Ya era de noche cuando aparqué delante de una sencilla casa pareada en una calle que contenía otras cuarenta o cincuenta iguales. Levanté la capota y cerré el coche. Allí había crecido; mi dormitorio era la ventana situada encima de la puerta principal. La casa había envejecido. Los marcos pintados de las ventanas habían perdido el color y el recubrimiento de enguijarrado parecía estar desprendiéndose de la pared en varios puntos. Conseguí abrir la cancela empujando con mucha dificultad, porque había una gran resistencia al otro lado, y luego la volví a cerrar con una cantidad similar de esfuerzo y sudor, una tarea dificultada aún más si cabe por el surtido de dodos que se habían reunido ansiosos a mi alrededor para ver quién era y que luego cantaron emocionados al comprender que se trataba de alguien vagamente familiar.

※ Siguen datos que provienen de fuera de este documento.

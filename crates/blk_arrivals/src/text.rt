//! The text of a script.

ghost use Rattle.std.specs.Prelude.{◌≡◌, ◌++◌, IfOk, OnOk, map};
ghost use Rattle.csv.specs.Reading.{default_config, records, strip_bom};
ghost use Rattle.text_output.specs.Drafts.{draft_text};
ghost use Rattle.blk_records.specs.Texts.{rows_text};
ghost use Rattle.blk_text.specs.Script.{IsScript, SpellsVersion, scripted, script_rows};
ghost use Rattle.blk_text.specs.StepRecords.{step_row};

use blk_text::script::SCRIPT;
use blk_text::{LATEST, Line, Script, push_setup, push_step};
use std::alloc::{AllocError, Global};
use text_output::Block;

/// Adds the records of steps.
fn push_lines(draft: &mut Block, lines: &[Line]) -> Result<(), AllocError>
    ensures { OnOk result (draft_text draft.new ≡ draft_text draft.old ++ rows_text (map step_row lines.now)) }
{
    for line in lines {
        push_step(draft, line)?;
    }
    Ok(())
}

/// The text of a script, in the latest version: a title, a setup, and a record for each step. [`blk_text::read_script`] reads the script
/// back from it. It fails only when out of memory.
pub fn script_text(alloc: Global, script: &Script) -> Result<Vec<u8>, AllocError>
    requires { IsScript (scripted script.now) }
    ensures text { IfOk result (λ v. v.items ≡ rows_text (script_rows LATEST (scripted script.now))) }
    ensures spells { IfOk result (λ v. SpellsVersion LATEST (records default_config (strip_bom v.items)) (scripted script.now)) }
{
    let mut draft = Block::new(alloc);
    let setup = script.setup;
    let title = [
        LATEST,
        setup.depth(),
        setup.hw() as u64,
        script.soft_depth,
        script.submitters,
    ];
    SCRIPT.push(&mut draft, &title)?;
    push_setup(&mut draft, &setup)?;
    push_lines(&mut draft, script.lines.as_slice())?;
    draft.finish()
}
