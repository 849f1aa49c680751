//! Plugs.

use crate::queues::given::{Heap, bio, limits};
use blk_bio::{Dir, Side};
use blk_queues::{Added, Plug, PlugFault};
use refusing::Refusing;
use std::alloc::Global;
use std::process::Abort;

/// A plug without requests, within limits of 128 segments.
fn plug<'a>(rt: &impl Abort, heap: Heap<'a>, max_sectors: u64) -> Plug<Heap<'a>> {
    let limits = limits(rt, max_sectors, 128);
    let armed = heap.is_armed();
    match Plug::new(heap, limits) {
        Ok(plug) => plug,
        Err(_) => {
            assert!(rt; armed && !heap.is_armed());
            Plug::new(heap, limits).expect(rt, "memory")
        }
    }
}

/// Adds a read that there is room for.
fn add<'a>(
    rt: &impl Abort,
    heap: Heap<'a>,
    plug: &mut Plug<Heap<'a>>,
    first: u64,
    sectors: u64,
) -> Added {
    let read = bio(rt, Dir::Read, first, sectors);
    let armed = heap.is_armed();
    match plug.add(read) {
        Ok(added) => added,
        Err(refused) => {
            assert_eq!(rt; refused, (read, PlugFault::Memory));
            assert!(rt; armed && !heap.is_armed());
            plug.add(read).expect(rt, "memory")
        }
    }
}

/// What is done with a plug, or seen in it.
#[derive(Clone, Copy)]
enum PlugStep {
    /// A read of a first sector and a number of sectors is added.
    Add(u64, u64, Added),
    /// There is no room for such a read, which comes back.
    Full(u64, u64),
    /// The first request is taken, which has this range.
    Take(u64, u64),
    /// The first request has this number of bios.
    Bios(usize),
    /// There are this number of requests, and a first one unless there is none.
    Len(usize),
}

/// The range of the plug's first request, which is taken.
fn take(plug: &mut Plug<Heap<'_>>) -> Option<(u64, u64)> {
    let request = plug.take_first()?;
    Some((request.first(), request.sectors()))
}

/// How many bios the plug's first request has.
fn bios_of_first(plug: &Plug<Heap<'_>>) -> Option<usize> {
    Some(plug.first()?.bios().len())
}

/// Does what is done, and looks at what is seen.
fn make<'a>(rt: &impl Abort, heap: Heap<'a>, plug: &mut Plug<Heap<'a>>, step: PlugStep) {
    match step {
        PlugStep::Add(first, sectors, added) => {
            assert_eq!(rt; add(rt, heap, plug, first, sectors), added, "{first}");
        }
        PlugStep::Full(first, sectors) => {
            let read = bio(rt, Dir::Read, first, sectors);
            assert_eq!(rt; plug.add(read), Err((read, PlugFault::Full)));
        }
        PlugStep::Take(first, sectors) => assert_eq!(rt; take(plug), Some((first, sectors))),
        PlugStep::Bios(count) => assert_eq!(rt; bios_of_first(plug), Some(count)),
        PlugStep::Len(count) => {
            assert_eq!(rt; plug.len(), count);
            assert_eq!(rt; plug.first().is_none(), count == 0);
        }
    }
}

/// Does and sees one after the other.
fn follow<'a>(rt: &impl Abort, heap: Heap<'a>, plug: &mut Plug<Heap<'a>>, steps: &[PlugStep]) {
    for step in steps {
        make(rt, heap, plug, *step);
    }
}

/// Does and sees one after the other with a new plug.
fn follows(rt: &impl Abort, alloc: Global, max_sectors: u64, steps: &[PlugStep]) {
    let heap = Refusing::new(alloc);
    let mut plug = plug(rt, &heap, max_sectors);
    assert_eq!(rt; plug.limits(), limits(rt, max_sectors, 128));
    follow(rt, &heap, &mut plug, steps);
}

#[test]
fn three_reads_become_one(rt: HostRuntime) {
    let steps = [
        PlugStep::Len(0),
        PlugStep::Add(3, 3, Added::New),
        PlugStep::Add(6, 1, Added::Joined(Side::Back)),
        PlugStep::Add(7, 2, Added::Joined(Side::Back)),
        PlugStep::Len(1),
        PlugStep::Bios(3),
        PlugStep::Take(3, 6),
        PlugStep::Len(0),
    ];
    follows(&rt, rt.alloc(), 256, &steps);
}

#[test]
fn limits_refuse_a_join(rt: HostRuntime) {
    let steps = [
        PlugStep::Add(0, 4, Added::New),
        PlugStep::Add(4, 4, Added::Joined(Side::Back)),
        PlugStep::Add(8, 1, Added::New),
        PlugStep::Take(0, 8),
        PlugStep::Take(8, 1),
        PlugStep::Len(0),
    ];
    follows(&rt, rt.alloc(), 8, &steps);
}

/// A plug of 32 reads of 8 sectors, 8 sectors apart.
fn full<'a>(rt: &impl Abort, heap: Heap<'a>) -> Plug<Heap<'a>> {
    let mut plug = plug(rt, heap, 256);
    for k in 0..32u64 {
        follow(rt, heap, &mut plug, &[PlugStep::Add(16 * k, 8, Added::New)]);
    }
    plug
}

#[test]
fn full_plug(rt: HostRuntime) {
    let heap = Refusing::new(rt.alloc());
    let mut plug = full(&rt, &heap);
    let steps = [
        PlugStep::Full(600, 8),
        PlugStep::Add(8, 8, Added::Joined(Side::Front)),
        PlugStep::Len(32),
        PlugStep::Take(0, 8),
        PlugStep::Take(8, 16),
    ];
    follow(&rt, &heap, &mut plug, &steps);
}

/// Where requests have left, the newest that a bio fits is joined all the same.
fn joins_after_some_left(rt: &impl Abort, heap: Heap<'_>) {
    let mut plug = full(rt, heap);
    for k in 0..20u64 {
        follow(rt, heap, &mut plug, &[PlugStep::Take(16 * k, 8)]);
    }
    // sectors at which requests began that have left
    for k in 0..20u64 {
        follow(rt, heap, &mut plug, &[PlugStep::Add(16 * k, 8, Added::New)]);
    }
    let steps = [
        // the newest, an older one, and one of two, the newer of which is joined
        PlugStep::Add(312, 4, Added::Joined(Side::Back)),
        PlugStep::Add(504, 8, Added::Joined(Side::Back)),
        PlugStep::Add(328, 8, Added::Joined(Side::Front)),
        // where the newest ends by now
        PlugStep::Add(316, 2, Added::Joined(Side::Back)),
        PlugStep::Len(32),
        PlugStep::Take(320, 8),
        PlugStep::Take(328, 16),
    ];
    follow(rt, heap, &mut plug, &steps);
}

#[test]
fn memory_refused(rt: HostRuntime) {
    let heap = Refusing::new(rt.alloc());
    for n in 1..1000u64 {
        heap.refuse(n);
        joins_after_some_left(&rt, &heap);
        if heap.is_armed() {
            assert!(rt; n > 4);
            return;
        }
    }
    panic!(rt; "refused for ever");
}
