//! What a record of a capture does to the plugs of the submitters.

ghost use Rattle.std.specs.Prelude.{◌≡◌, ◌<◌, IfSome, length};
ghost use Rattle.blk_arrivals.specs.Effects.{effect_of, submitter_number};
ghost use Rattle.blk_arrivals.specs.Inside.Effects.{IsRecordEffect};

use crate::coming::{ToldBy, way_of};
use blk_bio::Dir;
use blk_capture::{Action, Record};

/// What a record does.
#[derive(Clone, Copy)]
pub(crate) enum RecordEffect {
    /// A submitter's bio of this direction comes in.
    Comes(usize, Dir),
    /// The plug of a submitter is flushed.
    Unplugs(usize),
    /// Nothing.
    Nothing,
}

/// The number of the submitter with a key, if there is one.
fn submitter_number(keys: &[u64], key: u64) -> Option<usize>
    ensures value { result ≡ submitter_number keys.now key }
    ensures bound { IfSome result (λ s. s < length keys.now) }
{
    keys.iter().position(|other| *other == key)
}

/// What a record does, where the submitters have these keys.
pub(crate) fn effect_of(told: ToldBy, keys: &[u64], record: &Record) -> RecordEffect
    ensures value { result ≡ effect_of told keys.now record.now }
    ensures effect { IsRecordEffect (length keys.now) record.now result }
{
    let Some(submitter) = submitter_number(keys, told.key_of(record)) else {
        return RecordEffect::Nothing;
    };
    match record.action {
        Action::Unplug => RecordEffect::Unplugs(submitter),
        Action::Queue
        | Action::Get
        | Action::BackMerge
        | Action::FrontMerge
        | Action::Insert
        | Action::Issue
        | Action::Complete
        | Action::Requeue
        | Action::Split
        | Action::Plug
        | Action::Other => match way_of(record) {
            Some(way) => RecordEffect::Comes(submitter, way),
            None => RecordEffect::Nothing,
        },
    }
}
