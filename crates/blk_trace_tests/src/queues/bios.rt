//! Bios, limits and requests.

use crate::queues::given::{Heap, bio, id_of, joined, limits, request};
use blk_bio::{Bio, BioFault, Dir, JoinFault, Limits, LimitsFault, MAX_END, Request, Side};
use refusing::Refusing;
use std::process::Abort;

#[test]
fn constructors_refuse(rt: HostRuntime) {
    let last = bio(&rt, Dir::Write, MAX_END - 1, 1);
    assert_eq!(rt; last.id(), id_of(281_474_976_710_655));
    assert_eq!(rt; (last.dir(), last.sectors()), (Dir::Write, 1));
    assert_eq!(rt; last.first(), 281_474_976_710_655);
    for (first, sectors, fault) in [
        (MAX_END - 1, 2, BioFault::Range),
        (MAX_END, 1, BioFault::Range),
        (0, 0, BioFault::Empty),
    ] {
        assert_eq!(rt; Bio::new(id_of(1), Dir::Read, first, sectors), Err(fault));
    }
    let widest = limits(&rt, 65_535, 128);
    assert_eq!(rt;
        (widest.max_sectors(), widest.max_segments()),
        (65_535, 128)
    );
    for (sectors, segments, fault) in [
        (0, 0, LimitsFault::Sectors),
        (65_536, 128, LimitsFault::Sectors),
        (1, 0, LimitsFault::Segments),
        (1, 129, LimitsFault::Segments),
    ] {
        assert_eq!(rt; Limits::new(sectors, segments), Err(fault));
    }
}

/// The fault of joining a bio, which has to come back.
fn refused<'a>(
    rt: &impl Abort,
    heap: Heap<'a>,
    whole: &mut Request<Heap<'a>>,
    newcomer: Bio,
    limits: &Limits,
) -> JoinFault {
    match whole.join(request(rt, heap, newcomer), limits) {
        Ok(_) => panic!(rt; "joined"),
        Err((back, why)) => {
            assert_eq!(rt; back.bios(), [newcomer].as_slice());
            why
        }
    }
}

#[test]
fn limits_refuse_a_join(rt: HostRuntime) {
    let heap = Refusing::new(rt.alloc());
    let mut whole = request(&rt, &heap, bio(&rt, Dir::Read, 0, 4));
    let (narrow, eight) = (limits(&rt, 256, 1), limits(&rt, 8, 128));
    let next = bio(&rt, Dir::Read, 4, 4);
    let why = refused(&rt, &heap, &mut whole, next, &narrow);
    assert_eq!(rt; why, JoinFault::Segments);
    let side = joined(&rt, &heap, &mut whole, next, &eight);
    assert_eq!(rt; side, Side::Back);
    for (dir, first, fault) in [
        (Dir::Read, 8, JoinFault::Sectors),
        (Dir::Write, 8, JoinFault::Direction),
        (Dir::Read, 9, JoinFault::Apart),
    ] {
        let newcomer = bio(&rt, dir, first, 1);
        assert_eq!(rt; refused(&rt, &heap, &mut whole, newcomer, &eight), fault);
    }
    assert_eq!(rt; (whole.first(), whole.sectors()), (0, 8));
}

#[test]
fn bios_pushed_at_the_back(rt: HostRuntime) {
    let heap = Refusing::new(rt.alloc());
    let eight = limits(&rt, 8, 2);
    let (first, next) = (bio(&rt, Dir::Read, 4, 4), bio(&rt, Dir::Read, 8, 2));
    let mut whole = request(&rt, &heap, first);
    for (dir, begin, sectors, fault) in [
        (Dir::Write, 8, 1, JoinFault::Direction),
        (Dir::Read, 3, 1, JoinFault::Apart),
        (Dir::Read, 8, 5, JoinFault::Sectors),
    ] {
        let newcomer = bio(&rt, dir, begin, sectors);
        assert_eq!(rt; whole.push_bio(newcomer, &eight), Err(fault));
    }
    assert_eq!(rt; whole.push_bio(next, &eight), Ok(()));
    let third = bio(&rt, Dir::Read, 10, 1);
    assert_eq!(rt; whole.push_bio(third, &eight), Err(JoinFault::Segments));
    assert_eq!(rt; whole.bios(), [first, next].as_slice());
}

#[test]
fn bio_pushed_once_more(rt: HostRuntime) {
    let heap = Refusing::new(rt.alloc());
    let eight = limits(&rt, 8, 2);
    let (first, second) = (bio(&rt, Dir::Read, 4, 4), bio(&rt, Dir::Read, 8, 2));
    let mut whole = request(&rt, &heap, first);
    heap.refuse(1);
    let refused = whole.push_bio(second, &eight);
    assert!(rt; !heap.is_armed());
    assert_eq!(rt; refused, Err(JoinFault::Memory));
    assert_eq!(rt; whole.bios(), [first].as_slice());
    assert_eq!(rt; whole.push_bio(second, &eight), Ok(()));
    assert_eq!(rt; whole.bios(), [first, second].as_slice());
}

#[test]
fn front_merge(rt: HostRuntime) {
    let heap = Refusing::new(rt.alloc());
    let narrow = limits(&rt, 8, 2);
    let (read, before) = (bio(&rt, Dir::Read, 10, 2), bio(&rt, Dir::Read, 8, 2));
    let mut pending = request(&rt, &heap, read);
    let newcomer = request(&rt, &heap, before);
    let long = request(&rt, &heap, bio(&rt, Dir::Write, 0, 9));
    assert_eq!(rt; pending.abuts(&newcomer), Some(Side::Front));
    assert_eq!(rt; newcomer.abuts(&pending), Some(Side::Back));
    assert_eq!(rt; pending.abuts(&long), None);
    assert_eq!(rt; pending.fits(&newcomer, &narrow), Some(Side::Front));
    assert_eq!(rt; pending.fits(&newcomer, &limits(&rt, 3, 2)), None);
    let side = joined(&rt, &heap, &mut pending, before, &narrow);
    assert_eq!(rt; side, Side::Front);
    assert_eq!(rt; pending.bios(), [before, read].as_slice());
    assert_eq!(rt; pending.dir(), Dir::Read);
    assert_eq!(rt; (pending.first(), pending.sectors()), (8, 4));
    assert!(rt; pending.within(&narrow) && !pending.within(&limits(&rt, 3, 2)));
    assert!(rt; long.within(&narrow));
}

/// A request that grows by a bio at its front and one at its back in turn.
fn grows(rt: &impl Abort, heap: Heap<'_>) {
    let wide = limits(rt, 256, 128);
    let mut whole = request(rt, heap, bio(rt, Dir::Read, 100, 1));
    for k in 1..20u64 {
        let side = joined(rt, heap, &mut whole, bio(rt, Dir::Read, 100 - k, 1), &wide);
        assert_eq!(rt; side, Side::Front);
        let side = joined(rt, heap, &mut whole, bio(rt, Dir::Read, 100 + k, 1), &wide);
        assert_eq!(rt; side, Side::Back);
    }
    assert_eq!(rt; (whole.first(), whole.sectors()), (81, 39));
    assert_eq!(rt; whole.bios().len(), 39);
}

#[test]
fn memory_refused(rt: HostRuntime) {
    let heap = Refusing::new(rt.alloc());
    for n in 1..1000u64 {
        heap.refuse(n);
        grows(&rt, &heap);
        if heap.is_armed() {
            assert!(rt; n > 5);
            return;
        }
    }
    panic!(rt; "refused for ever");
}
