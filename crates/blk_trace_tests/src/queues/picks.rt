//! The counts of picks that are open and of those that are requeued.

use blk_bio::Dir;
use blk_sched::OpenPicks;

/// A read is picked, requeued, issued again and done; a write is picked meanwhile.
#[test]
fn requeued_and_issued_again(rt: HostRuntime) {
    let mut picks = OpenPicks::none();
    picks.open(Dir::Read);
    picks.open(Dir::Write);
    assert_eq!(rt; (picks.of(Dir::Read), picks.requeued(Dir::Read)), (1, 0));
    picks.requeue(Dir::Read);
    assert_eq!(rt; (picks.of(Dir::Read), picks.requeued(Dir::Read)), (0, 1));
    assert_eq!(rt; (picks.of(Dir::Write), picks.requeued(Dir::Write)), (1, 0));
    picks.reopen(Dir::Read);
    assert_eq!(rt; (picks.of(Dir::Read), picks.requeued(Dir::Read)), (1, 0));
    picks.close(Dir::Read);
    assert_eq!(rt; (picks.of(Dir::Read), picks.requeued(Dir::Read)), (0, 0));
    assert_eq!(rt; (picks.of(Dir::Write), picks.requeued(Dir::Write)), (1, 0));
}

—¡Hola, Mordacai! —le dije al mayor, quien se inclinó y se agitó para saludarme.
Después de eso, todos los demás también querían mimos, así que me quedé un rato y los acaricié bajo el pico mientras inquisitivos buscaban en mis bolsillos cualquier rastro de golosinas de merengue blando, que a los dodos les resultaba especialmente irresistible.
Mi madre abrió la puerta para ver a qué venía todo el alboroto y corrió por el sendero para llegar hasta mí. Muy inteligentemente, los dodos se dispersaron, ya que mi madre puede ser peligrosa cuando se desplaza a una velocidad superior a la de un paseo rápido. Me abrazó durante un buen rato. Yo se lo devolví agradecida.
—¡Thursday…! —dijo, con los ojos reluciéndole—. ¿Por qué no me dijiste que venías?
—Era una sorpresa, mamá. Tengo trabajo en la ciudad.
En varias ocasiones me había visitado en el hospital y me había aburrido de forma deliciosa y distraída con todos los pequeños detalles de la histerectomía de Margot Vishler y los chismes de la Federación de Mujeres.
—¿Cómo está el brazo?
—En ocasiones se queda un poco rígido, y si me duermo encima, pierde la sensibilidad. El jardín tiene buen aspecto. ¿Puedo pasar?
Mi madre se disculpó y me indicó la puerta, tomando mi chaqueta y colgándola. Miró incómoda a la automática en la funda del hombro, así que me la quité y la guardé en la maleta. La casa, me di cuenta de inmediato, era exactamente la misma: la misma confusión, el mismo mobiliario, el mismo olor. Me detuve para dar un vistazo a mi alrededor, para absorberlo todo y bañarme en la seguridad de los recuerdos agradables. La última vez que fui realmente feliz fue en Swindon, y esta casa había sido el centro de mi vida durante veinte años. Empezaron a entrarme dudas sobre la sabiduría de la decisión de abandonarla en su momento.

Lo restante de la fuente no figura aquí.